I live in downtown Vancouver and construction is continuing at a frantic pace on plently of developments downtown. The author picks two very disaparate examples and tries to weave a story out of nothing really. Surrey is not a suburb of Vancouver at all, thats like saying Navan is a suburb of Dublin. Surrey is in the sticks nearly twenty miles from downtown. Towers in Surrey, don’t make me laugh, why would you buy a high-rise condo in Surrey of all places? Sounds like a dodgy development to begin with. Funny though because if I remember correctly Millenium was also the developer of my condo building!

As for the Ritz development, well thats really the developers own fault. Most new condo developments in Vancouver in recent years haven’t broken ground without at least 80-85% pre-sales, legally binding contracted pre-sales. The Ritz went to construction with only about 50% pre-sales, that was not a good sign especially in light of the current economic situation. In the press here they have sighted ‘engineering’ issues as the main cause of the delay, whether or not that is true remains to be seen.
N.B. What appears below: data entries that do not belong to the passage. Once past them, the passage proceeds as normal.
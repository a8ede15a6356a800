//! Reading back as a definition, first half: the text of a script gives the tokens that it was written with.
#![tactic(auto)]

ghost use Rattle.lexing_back.specs.LexingBack.{LexesBack};

/// A law on definitions: the text of each script whose parts are such as reading gives has no fault of tokens, and its
/// tokens are those of its pieces, each with whether a line end stands before it.
#[tactic(auto, using(crate::proofs::Law::lexes_back))]
pub fn lexing_back()
    ensures { LexesBack }
{}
There is a slowdown in the Vancouver area no doubt about it, prices are crawling down but not as fast as in the rest of Canada, the one thing that is keeping them from doing so is the Olympics in a little over years time. The Olympics will keep prices from falling off the edge until 2010 at least. But in my humble opinion the Olympics financially will be a disaster for the province as I feel the government here has gotten poor value for money in the Olympic related property & infrastructure developments. $800 billion for an upgrade to a 126km 2/3 lane road from Vancouver to Whistler is bit much when an underused rail line could have been developed instead.

Is there any economic reasoning behind the belief that hosting an Olympics keeping property price high or is it just that it generally keeps sentiment positive?
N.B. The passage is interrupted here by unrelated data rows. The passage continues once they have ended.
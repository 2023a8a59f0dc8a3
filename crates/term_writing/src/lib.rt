// Writing a rig as a term. The joints are visited from the chosen one on, links rising, and each is marked when it is met: where one is met
// again, or too deep, or one that says something is not met at all, the rig is no tree from there; nor is it where joints are joined. The
// text is made in an array first, so that all this is known before a byte of the output is written.
#![tactic(auto)]

ghost use Rattle.std.specs.Prelude.{◌≡◌, true, [], ◌∷◌, ℕ, ◌+◌, ◌*◌, ◌<◌, ◌≤◌, length, MatchBool, Ok, Err};
ghost use Rattle.replies.specs.declared.Cause.TheVariants.{NoTree};
ghost use Rattle.replies.specs.Replies.{refusal};
ghost use Rattle.decimals.specs.Decimal.{decimal};
ghost use Rattle.meaning.specs.Form.{unknown, links_from};
ghost use Rattle.joints.specs.Layout.{joints_of, block_form};
ghost use Rattle.blocks.specs.WellFormed.{block_reply};
ghost use Rattle.writing.specs.Putting.{Room, Put};
ghost use Rattle.term_writing.specs.WriteTerm.{WriteTerm};
ghost use Rattle.term_writing.specs.Visiting.{text_room, link_room, kind_text, head_text, link_text, sign_before, closing_text};
ghost use Rattle.term_writing.specs.Visiting.{Unmarked, unmarked, TermFound, ArgumentsFound, ArgumentFound, Ready, Accounted, Missed, TreeFound};

use blocks::Block;
use joints::Session;
use replies::{Cause, Refusal, Reply};

// Room for any text: for each of 64 joints `dd=>` with a sign before it, `@dd:dd`, and a bracket that closes.
const TEXT_ROOM: usize = 768;

// How many levels may stand below the root's.
const BELOW_ROOT: usize = 15;

// Why a visit fails: what is known is no tree from the chosen joint.
#[derive(Clone, Copy, Debug, PartialEq, Eq)]
struct NoTree;

impl From<NoTree> for Refusal {
    ghost from_gives = { λ _ r. Err r ≡ refusal NoTree 0 };

    fn from(_: NoTree) -> Refusal {
        Refusal(Cause::NoTree, 0)
    }
}

// A number of one or two digits.
fn put_number(to: &mut [u8], at: usize, x: u8) -> usize
    requires { (x < 100) × Room (decimal x) at to.old }
    ensures { Put (decimal x) at to.old to.new result }
{
    let last = decimals::digit(u32::from(x % 10));
    if x < 10 {
        return writing::put(to, at, &[last]);
    }
    writing::put(to, at, &[decimals::digit(u32::from(x / 10)), last])
}

// `:` and a kind, unless it is 1.
fn put_kind(to: &mut [u8], at: usize, s: u8) -> usize
    requires { (s < 100) × Room (kind_text s) at to.old }
    ensures { Put (kind_text s) at to.old to.new result }
{
    if s == 1 {
        return at;
    }
    let next = writing::put(to, at, b":");
    put_number(to, next, s)
}

// `@`, a joint and its kind.
fn put_head(to: &mut [u8], at: usize, j: u8, s: u8) -> usize
    requires { (j < 100) × (s < 100) × Room (head_text j s) at to.old }
    ensures { Put (head_text j s) at to.old to.new result }
{
    let next = writing::put(to, at, b"@");
    let next = put_number(to, next, j);
    put_kind(to, next, s)
}

// A sign, a link and `=>`.
fn put_link(to: &mut [u8], at: usize, sign: u8, l: u8) -> usize
    requires { (l < 100) × Room (link_text sign l) at to.old }
    ensures { Put (link_text sign l) at to.old to.new result }
{
    let next = writing::put(to, at, &[sign]);
    let next = put_number(to, next, l);
    writing::put(to, next, b"=>")
}

// The sign before an argument, where the arguments of its joint begin at `from`.
fn sign_before(from: usize, at: usize) -> u8
    ensures { result ≡ sign_before from at }
{
    if at == from { b'(' } else { b',' }
}

// The bracket behind the arguments that begin at `from`, if there are any.
fn put_closing(to: &mut [u8], from: usize, at: usize) -> usize
    requires { Room (closing_text from at) at to.old }
    ensures { Put (closing_text from at) at to.old to.new result }
{
    if at == from {
        return at;
    }
    writing::put(to, at, b")")
}

// The term of a joint that is not marked yet, with the terms below it; the place behind its text.
#[cycle(visit_argument_visit_arguments_visit_term)]
fn visit_term(
    session: &Session<'_>,
    j: u8,
    below: usize,
    to: &mut [u8],
    at: usize,
    seen: &mut [bool],
) -> Result<usize, NoTree>
    requires { (Ready session.now to.old seen.old) × ((j < joints_of session.now) × Unmarked seen.old j × (at + 12 * unmarked seen.old ≤ text_room + link_room)) }
    ensures { TermFound (block_form session.now) j below at
        to.old to.new seen.old seen.new result }
{
    seen[j as usize] = true;
    let kind = session.kind_at(j as usize);
    let from = put_head(to, at, j, kind);
    let end = visit_arguments(session, j, below, to, from, seen)?;
    Ok(put_closing(to, from, end))
}

// The arguments of joint j, in the order of their links, which rise. Four links that are not known are passed over at once: in most rows
// most are not. (A link is its number, which is written; a visit may end the loop, and hands on the place.)
#[cycle(visit_argument_visit_arguments_visit_term)]
fn visit_arguments(
    session: &Session<'_>,
    j: u8,
    below: usize,
    to: &mut [u8],
    from: usize,
    seen: &mut [bool],
) -> Result<usize, NoTree>
    requires { (Ready session.now to.old seen.old) × ((j < joints_of session.now) × (from + 12 * unmarked seen.old ≤ text_room)) }
    ensures { ArgumentsFound (block_form session.now) j below from
        to.old to.new seen.old seen.new result }
{
    let mut at = from;
    for q in 0..4 {
        if writing::none_of_four(session, j as usize, 4 * q) {
            continue;
        }
        for l in 4 * q..4 * q + 4 {
            let c = session.link_at(j as usize, l);
            at = visit_argument(session, l as u8, c, below, to, from, at, seen)?;
        }
    }
    Ok(at)
}

// The argument for a link that leads to c, if it is known.
#[cycle(visit_argument_visit_arguments_visit_term)]
fn visit_argument(
    session: &Session<'_>,
    l: u8,
    c: u8,
    below: usize,
    to: &mut [u8],
    from: usize,
    at: usize,
    seen: &mut [bool],
) -> Result<usize, NoTree>
    requires { (Ready session.now to.old seen.old) × ((l < 16) × ((c ≡ unknown → ⊥) → c < joints_of session.now) × (at + 12 * unmarked seen.old ≤ text_room)) }
    ensures { ArgumentFound (block_form session.now) l c below from at
        to.old to.new seen.old seen.new result }
{
    if c == 255 {
        return Ok(at);
    }
    if below == 0 || seen[c as usize] {
        return Err(NoTree);
    }
    let next = put_link(to, at, sign_before(from, at), l);
    visit_term(session, c, below - 1, to, next, seen)
}

// Whether no two joints are joined.
fn all_apart(session: &Session<'_>, v: usize) -> bool
    requires { v ≤ 64 }
    ensures { MatchBool result ((j : ℕ) → j < v → (block_form session.now).class j ≡ j)
        ((j : ℕ) × ((j < v) × ((block_form session.now).class j ≡ j → ⊥))) }
{
    (0..v).all(|j| session.class_at(j) as usize == j)
}

// Whether no link of joint j is known.
fn no_links(session: &Session<'_>, j: usize) -> bool
    requires { j < 64 }
    ensures { MatchBool result ((l : ℕ) → l < 16 → (block_form session.now).link j l ≡ unknown)
        ((l : ℕ) × ((l < 16) × ((block_form session.now).link j l ≡ unknown → ⊥))) }
{
    (0..16).all(|l| session.link_at(j, l) == 255)
}

// Whether joint j is marked, or says nothing: its kind is 1, and none of its links is known.
fn accounted(session: &Session<'_>, seen: &[bool], j: usize) -> bool
    requires { (length seen.now ≡ 64) × (j < 64) }
    ensures { MatchBool result (Accounted (block_form session.now) seen.now j) (Missed (block_form session.now) seen.now j) }
{
    seen[j] || (session.kind_at(j) == 1 && no_links(session, j))
}

// Whether that is so for each of v joints.
fn all_accounted(session: &Session<'_>, seen: &[bool], v: usize) -> bool
    requires { (length seen.now ≡ 64) × (v ≤ 64) }
    ensures { MatchBool result ((j : ℕ) → j < v → Accounted (block_form session.now) seen.now j)
        ((j : ℕ) × ((j < v) × Missed (block_form session.now) seen.now j)) }
{
    (0..v).all(|j| accounted(session, seen, j))
}

// The text of the rig from a joint of a well-formed block, put into an array with room for any; its length.
fn put_tree(session: &Session<'_>, root: u8, text: &mut [u8]) -> Result<usize, NoTree>
    requires { (block_reply session.now ≡ Ok 0) × (root < joints_of session.now) × (length text.old ≡ text_room) }
    ensures { TreeFound session.now root text.new result }
{
    let v = usize::from(session.joint_count());
    if !all_apart(session, v) {
        return Err(NoTree);
    }
    let mut seen = [false; 64];
    let end = visit_term(session, root, BELOW_ROOT, text, 0, &mut seen)?;
    if !all_accounted(session, &seen, v) {
        return Err(NoTree);
    }
    Ok(end)
}

// Writes the rig as a term from the joint `root`, where it is a tree from there. A refusal writes nothing.
pub fn write(block: &[u8], root: u64, out: &mut [u8]) -> Reply
    ensures { WriteTerm block.now root out.old result out.new }
{
    let session = Block::of(block)?.session();
    if root >= u64::from(session.joint_count()) {
        return Err(Refusal(Cause::OutOfRange, 0));
    }
    let mut text = [0u8; TEXT_ROOM];
    let end = put_tree(&session, root as u8, &mut text)?;
    outputs::put_out(out, &text[..end])
}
It did in Calgary. I’ve been told by natives that the city grew from 400,000 to 600,000 during the pre-Olympics boom and maintained and grew its economy and house prices afterwards. That’s the example they look at.
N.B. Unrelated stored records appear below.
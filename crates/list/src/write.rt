// The writer (§6.1): the blocks of an automaton whose rules are given flat, six numbers a rule.
ghost use Rattle.std.specs.Prelude.{◌≡◌, ◌++◌, ◌+◌, ◌≤◌, ◌<◌, length};
ghost use Rattle.model.specs.Base.{over};
ghost use Rattle.model.specs.Listing.{little, block_of, rule_body, rule_blocks, emitted};
ghost use Rattle.list.specs.Flat.{rule_width, flat_width, flat_rule, flat_rules, flat_sheet, Short};
ghost use Rattle.list.specs.Put.{put_at};

use crate::blocks::byte_at;

// Numbers in a flat rule: symbol, four child states, target.
pub const RULE_WIDTH: usize = 6;

// How many child states a rule of a symbol has.
pub fn width(counts: &[u8], symbol: usize) -> usize
    ensures { result ≡ flat_width counts.now symbol }
{
    usize::from(byte_at(counts, symbol)).min(4)
}

// New bytes over those that stand at a place.
pub fn put_bytes(out: &mut [u8], at: usize, new: &[u8]) -> usize
    requires { at + length new.now ≤ length out.old }
    ensures value { result ≡ at + length new.now }
    ensures bytes { out.new ≡ put_at at new.now out.old }
{
    let end = at + new.len();
    out[at..end].copy_from_slice(new);
    end
}

// The head of a block: the size of its body, and its kind.
fn put_head(out: &mut [u8], at: usize, size: usize, kind: u8) -> usize
    requires { (size < 256) × (at + 6 ≤ length out.old) }
    ensures value { result ≡ at + 6 }
    ensures bytes { out.new ≡ put_at at (little 4 size ++ little 2 kind) out.old }
{
    let after = put_bytes(out, at, &(size as u32).to_le_bytes());
    put_bytes(out, after, &(kind as u16).to_le_bytes())
}

// A block whose body is given in one piece.
fn put_block(out: &mut [u8], at: usize, kind: u8, body: &[u8]) -> usize
    requires { (length body.now < 256) × (at + (6 + length body.now) ≤ length out.old) }
    ensures value { result ≡ at + (6 + length body.now) }
    ensures bytes { out.new ≡ put_at at (block_of kind body.now) out.old }
{
    let after = put_head(out, at, body.len(), kind);
    put_bytes(out, after, body)
}

// The block of the rule at the head of flat rules.
fn put_rule(counts: &[u8], rules: &[u8], out: &mut [u8], at: usize) -> usize
    requires { (rule_width ≤ length rules.now)
        × (at + (8 + length (flat_rule counts.now rules.now).states) ≤ length out.old) }
    ensures value { result ≡ at + (8 + length (flat_rule counts.now rules.now).states) }
    ensures bytes { let rule = flat_rule counts.now rules.now in
        out.new ≡ put_at at (block_of 3 (rule_body rule)) out.old }
{
    let n = width(counts, rules[0] as usize);
    let after = put_head(out, at, n + 2, 3);
    let last = put_bytes(out, after, &rules[..n + 1]);
    put_bytes(out, last, &rules[5..RULE_WIDTH])
}

// The blocks of the rules, in their order.
fn put_rules(counts: &[u8], rules: &[u8], out: &mut [u8], start: usize) -> usize
    requires { start + length (rule_blocks (flat_rules counts.now rules.now)) ≤ length out.old }
    ensures value { result ≡ start + length (rule_blocks (flat_rules counts.now rules.now)) }
    ensures bytes { let all = flat_rules counts.now rules.now in
        out.new ≡ put_at start (rule_blocks all) out.old }
{
    let mut at = start;
    for rule in rules.chunks_exact(RULE_WIDTH) {
        at = put_rule(counts, rule, out, at);
    }
    at
}

// How many bytes the list of an automaton has.
pub fn list_size(counts: &[u8], finals: &[u8], rules: &[u8]) -> u32
    requires { Short counts.now finals.now rules.now }
    ensures { result ≡ length (emitted (flat_sheet counts.now finals.now rules.now)) }
{
    let mut size: usize = 12 + counts.len() + finals.len();
    for rule in rules.chunks_exact(RULE_WIDTH) {
        size += 8 + width(counts, rule[0] as usize);
    }
    size as u32
}

// The list of an automaton at the beginning of the bytes; those past it stay.
pub fn write_list(counts: &[u8], finals: &[u8], rules: &[u8], out: &mut [u8]) -> u32
    requires short { Short counts.now finals.now rules.now }
    requires room { length (emitted (flat_sheet counts.now finals.now rules.now)) ≤ length out.old }
    ensures value { result ≡ length (emitted (flat_sheet counts.now finals.now rules.now)) }
    ensures bytes { let a = flat_sheet counts.now finals.now rules.now in
        out.new ≡ over (emitted a) out.old }
{
    let after = put_block(out, 0, 1, counts);
    let start = put_block(out, after, 2, finals);
    let end = put_rules(counts, rules, out, start);
    end as u32
}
I lived in Vancouver for the Summer of 2004 and sentiment at the time was certainly that the Olympics would bring a similar boom.

The above poster is correct too, Surrey is a bad example.

Maybe prices will hold and development will continue up until the Olympics but I doubt prices will hold up after that.

Anecdotally, I a lad that was over from Scotland to invest in Vancouver property way back then in 2004. I hope he’s flipped whatever he bought already.

The Olympics will have brought, at the very minimum, Irish levels of Canny investors.

I’m going to make a very bold prediction that it’ll all end in tears.

Majik, did they ever succeed in kicking the brassers and crackheads (not mutually exclusive) out of Vancouver proper? How much of the development went on East of Granville? I’d fear for property built that side of the street. West of Granville is very bubbly indeed. CAD 1m condos, I’m not sure it’s sustainable.

I was last in Vancouver in '04 and prices were very high back then, have those prices sky rocketed since?

Bloody nice city that place.

Yep prices are still relatively high compared to the rest of Canada. What we will have in the next few months in Vancouver though is an oversupply of new units. The rental market is now being flooded by owners listing properties. In the last three months alone I recall three new towers completed with a total of around 600 units coming on to the market at the same time. This is in downtown Vancouver alone.

As the other poster pointed out the Olympics will keep the market in check even though the overall trend is downwards. What the provincial government does after 2010 is anybodys guess. I’m presuming they are hoping for an upswing at that stage but I only see an up swing in other areas of the economy at that point and not an upswing in property. There has been a lot of capital infrastructure investment for the games and when these are complered in the next year or so expect prices to be bouyed in the areas that they serve.

As for the lowerlife that JammyBastard spoke of, well its still all there. The downtown Eastside is officially one of the poorest places in North Amercia and you’d be hard pressed to find anywhere like it in Europe. Abject poverty, thousands of homeless on the streets and in tent cities in parks, addicts, hookers and all the related crime etc make this area Vancouvers dirty little secret. The UN recently declared the conditions there ‘third-world’ like and called on the government to do something about it. I am sure the people there will be moved on elsewhere for the Olympics, they did so for the Expo in 86, then again for the development of Gastown and Yaletown, always pushing them eastwards, when eventually they probably won’t be even in the city limits and then it will be Burnabys (adjacent city) problem. It really is a fucking disgrace. Its a major sore point for the Olympic organisers and there have been numerous anti-poverty protests and ‘civic-actions’, expect those to multiply as we near the games.